Moderließchen sind leider sehr empfindlich.


----------



## mattgezockt (26. Mai 2020)

@Majestic222 Nein das Wasser ist seit 4 Wochen drin und die Pflanzen seit 3 Wochen.. Wir haben auch die Starterbakterien vor ca 2 bis 3 Wochen als wir dir Pumpe angemacht haben hinzugegeben. Es liegt auch nicht zufällig an der Temperatur. Bein uns hat das Wasser immer so die Temperatur von 15 bis 20 Grad.


----------



## AndreaR (26. Mai 2020)

Ich erinnere mich, dass bei dem Einzug bei mir auch ein paar __ Moderlieschen leider verstarben. Ich hatte den Transport in Verdacht. Leider kann ich Dir keinen Tipp geben, was bei Dir der Grund sein kann.

Viele Grüße
Andrea


----------



## mattgezockt (26. Mai 2020)

@AndreaR Danke für die Antwort. Könnte natürlich sein. Sie waren insgesamt zu Fünfzehnt in einem Beutel für ca. eine halbe Stunde.


----------



## Knoblauchkröte (26. Mai 2020)

Haggard schrieb:


> Moderließchen sind leider sehr empfindlich.



ums genauer zu sagen "reagieren sehr empfindlich beim fangen mit Kescher und sind transportempfindlich (wie starkes schwappen des Wassers im Transportbeutel) weil sie sich sehr leicht lösende Schuppen haben und dabei auch leicht massive Schleimhautschäden davontragen - je größer/älter (werden ja auch im Normalfall nur 2-3 Jahre alt) die Tiere sind umso empfindlicher reagieren sie darauf

MfG Frank


----------



## samorai (26. Mai 2020)

Wird Sauerstoff bzw Luft in den Teich geblasen?
Nachts ist die Sauerstoff arme Zeit weil keine Pflanze oder Alge Photosynthese betreibt, wenn denn nur abends gefüttert wird braucht der Fisch etwas mehr Sauerstoff um das Futter besser zu verdauen.
Dh. Fische hinterlassen jede Menge Stoffe die für den kleinen Lebensraum Teich nicht gerade nützlich sind.
Sie atmen CO2 ab und koten. 
Mit einer Belüftung hält man besser aber nicht völlig den O2 Gehalt am laufen, der CO2 Gehalt wird besser ausgetragen. 
Bakterien funktionieren mit O2 besser.


----------



## Rexx_Kramer (27. Mai 2020)

Hallo zusammen,

ich grätsche hier auch mal in das Thema hinein weil ich seit einigen Tagen 10 __ Moderlieschen in einem knapp 1 Jahr alten Teich eingesetzt habe, welcher stark bepflanzt ist. Die Belüftung habe ich zwar schon in den Teich gelegt, wegen Umbauten an der Elektrik ist deren Inbetriebnahme aber erst für nächste Woche geplant. 

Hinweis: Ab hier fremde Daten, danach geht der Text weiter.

impl Association {
    // RE-CONFIG: its parameters in order (RFC 6525 section 3.1). One that is neither a request to reset outgoing
    // streams nor a response is a fault.
    #[cold]
    #[inline(never)]
    #[tactic(auto, unfolding(crate::specs::Resets::on_reconfig))]
    pub(crate) fn on_reconfig(
        &mut self,
        reconfig: &ChunkReconfig,
        trigger: AckTrigger,
    ) -> Result<Flow, AllocError>
        ensures { IfOk result (λ flow. on_reconfig self.old reconfig.now trigger ≡ (self.new, flow)) }
    {
        if !self.on_reset_param(&reconfig.first)? {
            return Ok(Flow::Fault(Error::ErrParameterType));
        }
        match &reconfig.second {
            None => Ok(Flow::Next(trigger)),
            Some(second) => self.on_second_param(second, trigger),
        }
    }

    fn on_second_param(&mut self, param: &Param, trigger: AckTrigger) -> Result<Flow, AllocError>
        ensures { IfOk result (λ flow. behind_params (after_param param.now self.old) trigger ≡ (self.new, flow)) }
    {
        if self.on_reset_param(param)? {
            Ok(Flow::Next(trigger))
        } else {
            Ok(Flow::Fault(Error::ErrParameterType))
        }
    }

    // Answers whether the parameter is one of a reset.
    fn on_reset_param(&mut self, param: &Param) -> Result<bool, AllocError>
        ensures { IfOk result (λ known. after_param param.now self.old ≡ (self.new, known)) }
    {
        match param {
            Param::OutgoingResetRequest(request) => {
                self.on_reset_request(request)?;
                Ok(true)
            }
            Param::ReconfigResponse(response) => {
                self.on_reset_response(response)?;
                Ok(true)
            }
            _ => Ok(false),
        }
    }

    // A request of the peer (RFC 6525 section 5.2.2), which is answered with the next poll.
    #[tactic(auto, using(sctp_resets::proofs::FrontWaits::none_waits))]
    fn on_reset_request(&mut self, request: &ParamOutgoingResetRequest) -> Result<(), AllocError>
        ensures { OnOk result (self.new ≡ on_request self.old request.now) }
    {
        self.waiting_in_front = 0;
        let handled = self.resets.on_request(
            request,
            self.receiver.peer_last_tsn,
            &mut self.streams,
            &mut self.events,
            &mut self.to_accept,
            self.sender.queue.next_message_id(),
            self.receiver.max_receive_message_size,
        )?;
        self.tell_handled(request.reconfig_request_sequence_number, handled)
    }

    // What a request of the peer with this number led to is answered.
    fn tell_handled(&mut self, number: u32, handled: Handled) -> Result<(), AllocError>
        ensures { OnOk result (self.new ≡ said_of handled number self.old) }
    {
        self.stop_reconfig_if(handled.confirms);
        self.place_if(handled.asks)?;
        self.respond(number, handled.answer)
    }

    fn stop_reconfig_if(&mut self, confirms: bool)
        ensures { self.new ≡ stopped_if confirms self.old }
    {
        if confirms {
            self.timers.stop(Timer::Reconfig);
        }
    }

    // A request of this side gets its place among what waits, where one was made.
    fn place_if(&mut self, asks: bool) -> Result<(), AllocError>
        ensures exact { OnOk result (self.new ≡ asking_if asks self.old) }
        ensures grows { OnErr result (asks ≡ true) }
    {
        if asks {
            self.place_request()?;
        }
        Ok(())
    }

    pub(crate) fn place_request(&mut self) -> Result<(), AllocError>
        ensures { OnOk result (self.new ≡ asking self.old) }
    {
        self.control.push(Control::OwnRequest)?;
        Ok(())
    }

    // The response to a request goes out with the next poll (RFC 6525 section 4.4).
    fn respond(&mut self, number: u32, answer: ReconfigResult) -> Result<(), AllocError>
        ensures { OnOk result (self.new ≡ responding self.old number answer) }
    {
        self.queue_control(reconfig_of(Param::ReconfigResponse(response_to(number, answer))))
    }

    // A response of the peer (RFC 6525 section 5.2.7). One that names no active request changes nothing.
    #[tactic(auto, using(sctp_resets::proofs::FrontWaits::none_waits), unfolding(crate::specs::Resets::on_response))]
    fn on_reset_response(&mut self, response: &ParamReconfigResponse) -> Result<(), AllocError>
        ensures { OnOk result (self.new ≡ on_response self.old response.now) }
    {
        self.waiting_in_front = 0;
        let change = self
            .resets
            .on_response(response, &mut self.streams, &mut self.events)?;
        self.change_timer(change);
        Ok(())
    }

    fn change_timer(&mut self, change: TimerChange)
        ensures { self.new ≡ record self.old { timers = timers_changed change self.old.timers } }
    {
        match change {
            TimerChange::Unchanged => {}
            TimerChange::Exempted => {
                self.timers.set(Timer::Reconfig, None);
                self.timers.suppress_error_count(Timer::Reconfig);
            }
            TimerChange::Stopped => self.timers.stop(Timer::Reconfig),
        }
    }

    // The last TSN in order may have moved: a request of the peer that waited for that is performed and answered, and
    // skips that were kept are applied. Nearly always no request can be performed and no skip is kept.
    #[tactic(auto, using(crate::proofs::SettlesPlainly::settles_plainly))]
    pub(crate) fn settle(&mut self) -> Result<(), AllocError>
        ensures exact { OnOk result (self.new ≡ settled self.old) }
        ensures grows { OnErr result (settling_takes_memory self.old ≡ true) }
    {
        if !self.resets.has_to_settle(self.receiver.peer_last_tsn) {
            return Ok(());
        }
        self.settle_what_waits()
    }

    // It stands apart, so that new DATA does not pay for it where nothing waits.
    #[cold]
    #[inline(never)]
    #[tactic(auto, using(sctp_resets::proofs::FrontWaits::none_waits), unfolding(crate::specs::Resets::settled))]
    fn settle_what_waits(&mut self) -> Result<(), AllocError>
        ensures exact { OnOk result (self.new ≡ settled self.old) }
        ensures grows { OnErr result (settling_takes_memory self.old ≡ true) }
    {
        self.waiting_in_front = 0;
        let settled = self.resets.settle(
            self.receiver.peer_last_tsn,
            &mut self.streams,
            &mut self.events,
            &mut self.to_accept,
            self.sender.queue.next_message_id(),
            self.receiver.max_receive_message_size,
        )?;
        self.tell_settled(settled)?;
        self.apply_skips()
    }

    fn tell_settled(&mut self, settled: Option<Settled>) -> Result<(), AllocError>
        ensures exact { OnOk result (self.new ≡ with_answer settled self.old) }
        ensures grows { OnErr result (is_some settled ≡ true) }
    {
        let Some(settled) = settled else {
            return Ok(());
        };
        self.place_if(settled.asks)?;
        self.respond(settled.number, ReconfigResult::SuccessPerformed)
    }

    #[tactic(auto, using(sctp_resets::proofs::FrontWaits::none_waits))]
    fn apply_skips(&mut self) -> Result<(), AllocError>
        ensures exact { OnOk result (self.new ≡ skips_applied self.old) }
        ensures grows { OnErr result (has_skips self.old.resets.generations ≡ true) }
    {
        self.waiting_in_front = 0;
        self.resets.apply_skips(&mut self.streams, &mut self.events)
    }

    // Applies the skips that were kept for the generation of a live stream that is read now. Nearly always none is
    // kept.
    #[tactic(auto, using(crate::proofs::SettlesPlainly::skips_apply_plainly))]
    pub(crate) fn apply_skips_of(&mut self, id: StreamId) -> Result<(), AllocError>
        ensures exact { OnOk result (self.new ≡ skips_applied_of id self.old) }
        ensures grows { OnErr result (has_skips self.old.resets.generations ≡ true) }
    {
        if !self.resets.has_skips() {
            return Ok(());
        }
        self.apply_kept_skips_of(id)
    }

    #[cold]
    #[inline(never)]
    #[tactic(auto, using(sctp_resets::proofs::FrontWaits::none_waits))]
    fn apply_kept_skips_of(&mut self, id: StreamId) -> Result<(), AllocError>
        ensures { OnOk result (self.new ≡ skips_applied_of id self.old) }
    {
        self.waiting_in_front = 0;
        self.resets
            .apply_skips_of(id, &mut self.streams, &mut self.events)
    }

    // The active request was not answered in time: it goes out again, or past the limit it is given up.
    pub(crate) fn on_reconfig_timeout(&mut self, now: Instant) -> Result<(), AllocError>
        ensures exact { OnOk result (self.new ≡ after_reconfig_timer self.old now) }
        ensures grows { OnErr result (gives_requests_up self.old now ≡ true) }
    {
        let expiry = self.timers.is_expired(Timer::Reconfig, now);
        if !expiry.expired {
            return Ok(());
        }
        self.timers.set(Timer::Reconfig, None);
        if expiry.failed {
            return self.give_requests_up(now);
        }
        self.repeat_request(now);
        Ok(())
    }

    // The active request goes out again, and its timer begins anew.
    fn repeat_request(&mut self, now: Instant)
        ensures { self.new ≡ asks_again self.old now }
    {
        self.resets.expire();
        let rto = self.rto.get_rto();
        self.timers.start(Timer::Reconfig, now, rto);
    }

    fn give_requests_up(&mut self, now: Instant) -> Result<(), AllocError>
        ensures exact { OnOk result (self.new ≡ gives_up self.old now) }
        ensures grows { OnErr result (is_given_up_anew self.old.resets.own ≡ true) }
    {
        self.tell_given_up()?;
        self.go_on(now);
        Ok(())
    }

    #[tactic(auto, using(sctp_resets::proofs::FrontWaits::none_waits))]
    fn tell_given_up(&mut self) -> Result<(), AllocError>
        ensures exact { OnOk result
            (self.new ≡ with_beside self.old (given_up self.old.resets self.old.streams self.old.events)) }
        ensures grows { OnErr result (is_given_up_anew self.old.resets.own ≡ true) }
    {
        self.waiting_in_front = 0;
        self.resets.give_up(&mut self.streams, &mut self.events)
    }

    // A request that is still active goes out again.
    fn go_on(&mut self, now: Instant)
        ensures { self.new ≡ goes_on self.old now }
    {
        if self.resets.has_active() {
            self.repeat_request(now);
        } else {
            self.timers.stop(Timer::Reconfig);
        }
    }

    pub(crate) fn put_request(
        &mut self,
        packets: &mut Vec<Bytes>,
        param: ParamOutgoingResetRequest,
    ) -> Result<(), AllocError>
        ensures same { OnOk result (self.new ≡ self.old) }
        ensures put { OnOk result (packets.new.items ≡ packets.old.items ++ request_packet self.old param) }
        ensures again { OnOk result (IsRequestReadAgain (header_of self.old.handshake) param) }
    {
        let header = self.handshake.header();
        put_packet(
            packets,
            self.alloc,
            header,
            reconfig_of(Param::OutgoingResetRequest(param)),
        )
    }

    // In Established the active request again, where that is due; then a request for streams that wait; and the oldest
    // that was never sent, where it may go out.
    #[tactic(auto, unfolding(crate::specs::Gather::requests_polled))]
    pub(crate) fn gather_requests(&mut self, packets: &mut Vec<Bytes>) -> Result<(), AllocError>
        ensures exact { OnOk result
            (after_both packets.old.items (requests_polled self.old) ≡ (self.new, packets.new.items)) }
        ensures again { OnOk result (is_established self.old.state ≡ true
            → AreRequestsReadAgain (header_of self.old.handshake) (requests_of self.old)) }
        ensures grows { OnErr result ((is_established self.old.state && requests_give self.old) ≡ true) }
    {
        if self.state != AssociationState::Established {
            return Ok(());
        }
        self.gather_repeat(packets)?;
        self.make_request()?;
        self.gather_first_request(packets)
    }

    fn gather_repeat(&mut self, packets: &mut Vec<Bytes>) -> Result<(), AllocError>
        ensures exact { OnOk result
            (after_both packets.old.items (repeat_polled self.old) ≡ (self.new, packets.new.items)) }
        ensures again { OnOk result
            (AreRequestsReadAgain (header_of self.old.handshake) (listed (repeated self.old.resets.own).1)) }
        ensures grows { OnErr result (is_some self.old.resets.own.active ≡ true) }
        ensures waiting { OnOk result (self.new.resets.own.waiting ≡ self.old.resets.own.waiting) }
        ensures control { OnOk result (self.new.control ≡ self.old.control) }
    {
        if let Some(param) = self.resets.repeat()? {
            self.put_request(packets, param)?;
        }
        Ok(())
    }

    fn make_request(&mut self) -> Result<(), AllocError>
        ensures exact { OnOk result (self.new ≡ request_made self.old) }
        ensures grows { OnErr result (nat_lt 0 (length self.old.resets.own.waiting) ≡ true) }
        ensures behind { OnOk result
            (nat_lt 0 (length self.new.control) ≡ true → requests_wait self.old ≡ true) }
    {
        let made = self.resets.ask(&self.sender.queue)?;
        self.place_if(made)
    }

    fn gather_first_request(&mut self, packets: &mut Vec<Bytes>) -> Result<(), AllocError>
        ensures exact { OnOk result
            (after_both packets.old.items (first_request_polled self.old) ≡ (self.new, packets.new.items)) }
        ensures again { OnOk result (AreRequestsReadAgain (header_of self.old.handshake)
            (first_listed (length self.old.control == 0) self.old)) }
        ensures grows { OnErr result (nat_lt 0 (length self.old.control) ≡ true) }
    {
        if self.control.is_empty() {
            return Ok(());
        }
        if let Some(param) = self.resets.send_first(&self.sender.queue)? {
            self.put_request(packets, param)?;
            self.control.pop();
        }
        Ok(())
    }

    // The timer of the active request runs.
    pub(crate) fn run_reconfig(&mut self, now: Instant)
        ensures { self.new ≡ with_reconfig_run self.old now }
    {
        if self.resets.has_active() && self.timers.get(Timer::Reconfig).is_none() {
            let rto = self.rto.get_rto();
            self.timers.start(Timer::Reconfig, now, rto);
        }
    }

    // Bytes that came and were not read, of all generations.
    pub(crate) fn waiting_bytes(&self) -> u64
        ensures { result ≡ all_waiting self.now }
    {
        self.streams
            .waiting_bytes()
            .saturating_add(self.resets.waiting_bytes())
    }
}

Gestern abend ist eins der Moderlieschen quasi live vor meinen Augen verendet. Erst drehte es sich mehrmals um die eigene Achse bis es dann an der Wasseroberfläche getrieben ist. Äußere Verletzungen habe ich nicht feststellen können, also "schiebe" ich diesen Verlust auch eher auf den -von mir selbst verschuldeten- unsachgemäßen Transport, welcher alles andere als vorsichtig und umsichtig war: Mein Fehler. 
Vielleicht war es auch der Tatsache geschuldet, dass ich gestern die Teichpumpe zwecks halbjährlicher Reinigung herausgeholt habe und es mehrere Versuche brauchte, bis sie wieder am richtigen Platz im Teich gelandet ist?
Auf jeden Fall aber "Danke" an Frank für die Warnung über die Empflindlichkeit dieser Tiere.

Unabhängig davon werde ich jetzt eine Übergangslösung für die Belüftung des Teichs einrichten, um damit sofort starten zu können.

Grüße,

André


----------



## Turbochris (28. Mai 2020)

Hallo,

ich habe letzten Herbst 1250 laichfähige (also die größeren) __ Moderlieschen bestellt und im Karton per Lieferservice geliefert bekommen.
Die kamen in einem doppelten Plastiksack in einem Karton.
 
Aufgrund dessen, was ich über die Moderlieschen gelesen hatte, war ich gespannt, mit wieviel Verlusten die ankommen.
Es waren, glaube ich, 3!!! (oder 4, im Höchstfall 5 - ich kann mich nicht mehr genau erinnern...)
Nach dem vorsichtigen Einsetzen habe ich jeden Tag den Teich kontrolliert wieviel oben schwammen. Keines!
Seit letztem Jahr habe ich eines in den Fadenalgen verendet gefunden.
Die anderen Verluste stammen vom Eisvogel, aber genau für den habe ich die Moderlieschen ja eingesetzt... Er kommt mehrmals täglich!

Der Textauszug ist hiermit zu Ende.